(INSTRUCTIONS FOR THE TASK)
Using the listing below, retype exactly the lines starting at the one with "fn outcome(heap: Global, line: &str)" and ending at the one with "let read = Answer::of_reading(bytes);", and include both.

(ENTRIES SHOWN)
:::::

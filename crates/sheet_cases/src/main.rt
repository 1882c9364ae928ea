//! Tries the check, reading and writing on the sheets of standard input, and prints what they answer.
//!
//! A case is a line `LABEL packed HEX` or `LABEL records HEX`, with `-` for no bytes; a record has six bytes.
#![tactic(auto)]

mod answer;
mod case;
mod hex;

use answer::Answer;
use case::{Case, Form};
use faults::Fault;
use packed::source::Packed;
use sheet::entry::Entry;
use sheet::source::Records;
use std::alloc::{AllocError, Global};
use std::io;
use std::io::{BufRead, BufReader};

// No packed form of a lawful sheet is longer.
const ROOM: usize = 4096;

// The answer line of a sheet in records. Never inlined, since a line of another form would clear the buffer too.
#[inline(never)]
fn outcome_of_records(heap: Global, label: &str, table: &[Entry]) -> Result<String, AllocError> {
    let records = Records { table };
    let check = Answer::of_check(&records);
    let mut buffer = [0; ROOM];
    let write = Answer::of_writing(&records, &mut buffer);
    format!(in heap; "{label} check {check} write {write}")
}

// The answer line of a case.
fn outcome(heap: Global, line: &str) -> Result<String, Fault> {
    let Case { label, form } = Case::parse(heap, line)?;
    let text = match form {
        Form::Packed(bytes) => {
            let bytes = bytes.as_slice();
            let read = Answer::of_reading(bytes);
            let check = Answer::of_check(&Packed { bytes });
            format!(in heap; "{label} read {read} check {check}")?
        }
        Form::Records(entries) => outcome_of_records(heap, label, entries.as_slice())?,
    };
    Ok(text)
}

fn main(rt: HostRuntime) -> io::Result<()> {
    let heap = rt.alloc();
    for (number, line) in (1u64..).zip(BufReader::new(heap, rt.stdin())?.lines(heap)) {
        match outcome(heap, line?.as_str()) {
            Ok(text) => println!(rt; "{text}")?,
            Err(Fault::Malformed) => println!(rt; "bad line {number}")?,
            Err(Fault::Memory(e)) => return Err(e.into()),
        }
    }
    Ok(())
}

:::::

(COMPLETED TASK)
fn outcome(heap: Global, line: &str) -> Result<String, Fault> {
    let Case { label, form } = Case::parse(heap, line)?;
    let text = match form {
        Form::Packed(bytes) => {
            let bytes = bytes.as_slice();
            let read = Answer::of_reading(bytes);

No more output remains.